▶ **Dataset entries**
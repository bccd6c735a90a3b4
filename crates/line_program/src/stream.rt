//! The lines of a source, one after another, and the buffer of a sink.
ghost use Rattle.std.specs.Prelude.{◌≡◌, ℕ, ◌++◌, ◌∷◌, ◌<◌, ◌≤◌, ◌+◌, [], vec_len, List, Option, IfOk, IfErr, OnOk, OnErr, length};
ghost use Rattle.std.specs.Prelude.{take, true, MatchOption, nat_le, ◌&&◌};
ghost use Rattle.std.specs.Bool.{OnTrue};
ghost use Rattle.std.specs.Io.KnownBytes.{Consumes, IsAtEnd};
ghost use Rattle.outside.specs.Causes.{HasCause};
ghost use Rattle.line_program.specs.Cuts.{content, is_within, is_open, IsLineEnd};
ghost use Rattle.line_program.specs.Progress.{Start};
ghost use Rattle.line_program.specs.Progress.{At, FrontOf, Goes, GoesTo, Explains, ExplainsBoth, Refuses, PlaysAll, PlaysTo};

use super::limits::{LAST_INPUT_BYTES, LAST_LINE_BYTES};
use super::machine::{LineMachine, Unread};
use memchr::memchr;
use outside::{Failed, Sink, Source, write_whole};
use std::alloc::Global;

/// How many bytes of the source are read at once.
const CHUNK: usize = 65_536;

/// How many bytes of replies are written at once.
const FULL: usize = 65_536;

/// Why a run ended before its report.
#[derive(Clone, Copy)]
pub(crate) enum Ended {
    /// A line is none; what begins some line ends before this column.
    Bad(u32),
    /// A line or the input is past its limit.
    TooLarge,
    /// The source failed.
    Source,
    /// The sink failed.
    Sink,
    /// Memory ran out.
    Memory,
}

/// A machine on its way over its lines.
#[derive(Drop)]
pub(crate) struct LineStream<M> {
    pub(crate) machine: M,
    /// Replies that are not written yet.
    pub(crate) out: Vec<u8>,
    /// How many lines were taken.
    pub(crate) lines: usize,
    /// How many bytes they have.
    pub(crate) size: usize,
}

impl<M: LineMachine> LineStream<M> {
    /// Takes a line of which `bytes` stand before its end.
    pub(crate) fn take_line(
        &mut self,
        alloc: Global,
        line: &[u8],
        bytes: usize,
    ) -> Result<(), Ended>
        requires some { 0 < length line.now }
        requires bytes { bytes ≡ length (content line.now) }
        requires end { length line.now ≤ bytes + 1 }
        ensures ok { OnOk result ((base : Start M.Settings) (now : Option (List ℕ)) (whole : List ℕ) → At M.play base now self.old whole → At M.play base now self.new (whole ++ line.now)) }
        ensures size { OnOk result (self.new.size ≡ self.old.size + length line.now) }
        ensures err { IfErr result (Refuses M.play self.old self.new line.now) }
    {
        if !is_small(self.size, bytes, line.len()) {
            return Err(Ended::TooLarge);
        }
        let event = match self.machine.read(alloc, line) {
            Ok(event) => event,
            Err(Unread::Bad(column)) => return Err(Ended::Bad(column)),
            Err(Unread::NoMemory) => return Err(Ended::Memory),
        };
        match self.machine.act(alloc, &event, &mut self.out) {
            Ok(()) => {
                self.lines = self.lines.saturating_add(1);
                self.size += line.len();
                Ok(())
            }
            Err(_) => Err(Ended::Memory),
        }
    }

    /// Writes the buffer.
    pub(crate) fn flush<O: Sink>(&mut self, sink: &mut O) -> Result<(), Failed>
        ensures ok { OnOk result ((base : Start M.Settings) (whole : List ℕ) →
            At M.play base (O.taken sink.old) self.old whole → At M.play base (O.taken sink.new) self.new whole) }
        ensures empty { OnOk result (self.new.out.items ≡ []) }
        ensures err { OnErr result ((base : Start M.Settings) (whole rest : List ℕ) →
            At M.play base (O.taken sink.old) self.old whole → FrontOf M.play base (O.taken sink.new) (whole ++ rest)) }
        ensures size { self.new.size ≡ self.old.size }
        ensures cause { HasCause (O.faults sink.old) (O.faults sink.new) result }
    {
        match write_whole(sink, self.out.as_slice()) {
            Ok(()) => {
                self.out.clear();
                Ok(())
            }
            Err(fault) => Err(fault),
        }
    }

    /// Writes the buffer if it is full.
    fn flush_full<O: Sink>(&mut self, sink: &mut O) -> Result<(), Failed>
        ensures ok { OnOk result ((base : Start M.Settings) (whole : List ℕ) →
            At M.play base (O.taken sink.old) self.old whole → At M.play base (O.taken sink.new) self.new whole) }
        ensures err { OnErr result ((base : Start M.Settings) (whole rest : List ℕ) →
            At M.play base (O.taken sink.old) self.old whole → FrontOf M.play base (O.taken sink.new) (whole ++ rest)) }
        ensures size { self.new.size ≡ self.old.size }
        ensures cause { HasCause (O.faults sink.old) (O.faults sink.new) result }
    {
        if self.out.len() < FULL {
            return Ok(());
        }
        self.flush(sink)
    }

    /// Takes the line that `pending` begins and `end` ends.
    fn end_line<O: Sink>(
        &mut self,
        alloc: Global,
        pending: &mut Vec<u8>,
        end: &[u8],
        sink: &mut O,
    ) -> Result<(), Ended>
        requires one { is_open pending.old.items ≡ true }
        requires end { IsLineEnd end.now }
        ensures ok { OnOk result (Goes M.play (O.taken sink.old) (O.taken sink.new) self.old self.new pending.old.items [] end.now) }
        ensures empty { OnOk result (pending.new.items ≡ []) }
        ensures none_left { OnOk result (vec_len pending.new ≡ 0) }
        ensures size { OnOk result (self.new.size ≡ self.old.size + vec_len pending.old + length end.now) }
        ensures err { IfErr result (GoesTo M.play (O.taken sink.old) (O.taken sink.new) self.old self.new pending.old.items end.now) }
        ensures cause { IfErr result (Explains (O.faults sink.old) (O.faults sink.new)) }
        ensures later { O.faults sink.old ≤ O.faults sink.new }
    {
        match pending.extend_from_slice(end) {
            Ok(()) => {}
            Err(_) => return Err(Ended::Memory),
        }
        let bytes = pending.len() - 1;
        match self.take_line(alloc, pending.as_slice(), bytes) {
            Ok(()) => {}
            Err(ended) => return Err(ended),
        }
        pending.clear();
        match self.flush_full(sink) {
            Ok(()) => Ok(()),
            Err(_) => Err(Ended::Sink),
        }
    }
}

/// Takes the lines that end in a piece of the input. What is left of it is pending then.
pub(crate) fn feed<M: LineMachine, O: Sink>(
    alloc: Global,
    stream: &mut LineStream<M>,
    pending: &mut Vec<u8>,
    piece: &[u8],
    sink: &mut O,
) -> Result<(), Ended>
    requires { is_open pending.old.items ≡ true }
    ensures ok { OnOk result (Goes M.play (O.taken sink.old) (O.taken sink.new) stream.old stream.new pending.old.items pending.new.items piece.now) }
    ensures one { OnOk result (is_open pending.new.items ≡ true) }
    ensures size { OnOk result (stream.new.size + vec_len pending.new ≡ stream.old.size + vec_len pending.old + length piece.now) }
    ensures err { IfErr result (GoesTo M.play (O.taken sink.old) (O.taken sink.new) stream.old stream.new pending.old.items piece.now) }
    ensures cause { IfErr result (Explains (O.faults sink.old) (O.faults sink.new)) }
    ensures later { O.faults sink.old ≤ O.faults sink.new }
{
    let mut rest = piece;
    while let Some(at) = line_end(rest) {
        let (line, more) = rest.split_at(at + 1);
        match stream.end_line(alloc, pending, line, sink) {
            Ok(()) => {}
            Err(ended) => return Err(ended),
        }
        rest = more;
    }
    match pending.extend_from_slice(rest) {
        Ok(()) => Ok(()),
        Err(_) => Err(Ended::Memory),
    }
}

/// Takes the lines that end in a piece of the input, and tries the limits on the next.
fn feed_within<M: LineMachine, O: Sink>(
    alloc: Global,
    stream: &mut LineStream<M>,
    pending: &mut Vec<u8>,
    piece: &[u8],
    sink: &mut O,
) -> Result<(), Ended>
    requires { is_open pending.old.items ≡ true }
    ensures ok { OnOk result (Goes M.play (O.taken sink.old) (O.taken sink.new) stream.old stream.new pending.old.items pending.new.items piece.now) }
    ensures one { OnOk result (is_open pending.new.items ≡ true) }
    ensures size { OnOk result (stream.new.size + vec_len pending.new ≡ stream.old.size + vec_len pending.old + length piece.now) }
    ensures within { OnOk result (stream.new.size + vec_len pending.new ≤ LAST_INPUT_BYTES) }
    ensures err { IfErr result (GoesTo M.play (O.taken sink.old) (O.taken sink.new) stream.old stream.new pending.old.items piece.now) }
    ensures cause { IfErr result (Explains (O.faults sink.old) (O.faults sink.new)) }
    ensures later { O.faults sink.old ≤ O.faults sink.new }
{
    match feed(alloc, stream, pending, piece, sink) {
        Ok(()) => {}
        Err(ended) => return Err(ended),
    }
    let part = pending.as_slice();
    if is_small(stream.size, part.len(), part.len()) {
        Ok(())
    } else {
        Err(Ended::TooLarge)
    }
}

/// Takes all whole lines of a source. What stands behind the last end of a line is pending then.
fn read_all<M: LineMachine, S: Source, O: Sink>(
    alloc: Global,
    stream: &mut LineStream<M>,
    pending: &mut Vec<u8>,
    source: &mut S,
    sink: &mut O,
) -> Result<(), Ended>
    requires one { is_open pending.old.items ≡ true }
    requires within { stream.old.size + vec_len pending.old ≤ LAST_INPUT_BYTES }
    ensures ok { OnOk result ((bytes : List ℕ) × Consumes (S.left source.old) (S.left source.new) bytes × IsAtEnd (S.left source.new)
        × Goes M.play (O.taken sink.old) (O.taken sink.new) stream.old stream.new pending.old.items pending.new.items bytes) }
    ensures one { OnOk result (is_open pending.new.items ≡ true) }
    ensures err { IfErr result (λ e. (bytes : List ℕ) × Consumes (S.left source.old) (S.left source.new) bytes
        × GoesTo M.play (O.taken sink.old) (O.taken sink.new) stream.old stream.new pending.old.items bytes e) }
    ensures cause { IfErr result (ExplainsBoth (S.faults source.old) (S.faults source.new) (O.faults sink.old) (O.faults sink.new)) }
    ensures read { S.faults source.old ≤ S.faults source.new }
    ensures wrote { O.faults sink.old ≤ O.faults sink.new }
{
    let mut chunk = [0u8; CHUNK];
    loop {
        let count = match source.read(&mut chunk) {
            Ok(count) => count,
            Err(_) => return Err(Ended::Source),
        };
        if count == 0 {
            return Ok(());
        }
        match feed_within(alloc, stream, pending, &chunk[..count], sink) {
            Ok(()) => {}
            Err(ended) => return Err(ended),
        }
    }
}

/// Takes what stands behind the last end of a line as the last line.
fn take_tail<M: LineMachine>(
    alloc: Global,
    stream: &mut LineStream<M>,
    pending: &[u8],
) -> Result<(), Ended>
    requires { is_open pending.now ≡ true }
    ensures ok { OnOk result ((base : Start M.Settings) (now : Option (List ℕ)) (whole : List ℕ) →
        At M.play base now stream.old whole → At M.play base now stream.new (whole ++ pending.now)) }
    ensures some { OnErr result (0 < length pending.now) }
    ensures err { IfErr result (Refuses M.play stream.old stream.new pending.now) }
{
    if pending.is_empty() {
        return Ok(());
    }
    stream.take_line(alloc, pending, pending.len())
}

/// Takes all lines of a source.
pub(crate) fn take_all<M: LineMachine, S: Source, O: Sink>(
    alloc: Global,
    stream: &mut LineStream<M>,
    source: &mut S,
    sink: &mut O,
) -> Result<(), Ended>
    requires { stream.old.size ≡ 0 }
    ensures ok { OnOk result (PlaysAll M.play (S.left source.old) (S.left source.new) (O.taken sink.old) (O.taken sink.new) stream.old stream.new) }
    ensures err { IfErr result (PlaysTo M.play (S.left source.old) (O.taken sink.old) (O.taken sink.new) stream.old stream.new) }
    ensures cause { IfErr result (ExplainsBoth (S.faults source.old) (S.faults source.new) (O.faults sink.old) (O.faults sink.new)) }
    ensures read { S.faults source.old ≤ S.faults source.new }
    ensures wrote { O.faults sink.old ≤ O.faults sink.new }
{
    let mut pending = Vec::new(alloc);
    match read_all(alloc, stream, &mut pending, source, sink) {
        Ok(()) => {}
        Err(ended) => return Err(ended),
    }
    match take_tail(alloc, stream, pending.as_slice()) {
        Ok(()) => Ok(()),
        Err(ended) => Err(ended),
    }
}

/// Whether a line of which `bytes` stand before its end and which is `line` bytes long is within the
/// limits behind `before` bytes.
fn is_small(before: usize, bytes: usize, line: usize) -> bool
    ensures value { result ≡ (nat_le bytes LAST_LINE_BYTES && nat_le (before + line) LAST_INPUT_BYTES) }
    ensures short { OnTrue result (bytes ≤ LAST_LINE_BYTES) }
    ensures within { OnTrue result (before + line ≤ LAST_INPUT_BYTES) }
{
    bytes <= LAST_LINE_BYTES && line <= LAST_INPUT_BYTES && before <= LAST_INPUT_BYTES - line
}

/// The place of the first end of a line.
fn line_end(bytes: &[u8]) -> Option<usize>
    ensures { MatchOption result (is_open bytes.now ≡ true) (λ at. (at < length bytes.now) × IsLineEnd (take (at + 1) bytes.now)) }
{
    memchr(b'\n', bytes)
}
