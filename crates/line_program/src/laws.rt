//! The numbers that the definitions cite.
ghost use Rattle.line_program.specs.Laws.{LimitsAre};

/// The limits on lines and on the input as numbers.
pub fn law_numbers()
    ensures { LimitsAre }
{}
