//! The limits on lines and on the input.

/// The most bytes that a line may have before its end.
pub const LAST_LINE_BYTES: usize = 262_144;

/// The most bytes that an input may have.
pub const LAST_INPUT_BYTES: usize = 268_435_456;
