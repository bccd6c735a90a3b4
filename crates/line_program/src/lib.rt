//! A program that answers lines: a source's lines in, their replies and a report out, within limits,
//! with an exit status for each way in which it ends.
#![tactic(auto)]

pub mod laws;
pub mod limits;
mod machine;
mod run;
mod status;
mod stream;

pub use machine::{LineMachine, Unread};
pub use run::run_lines;
pub use status::Status;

▶ **Problem**
Among the lines of the entries above, count those containing the string "status". Write the number alone.

▶ **Exercise response**
3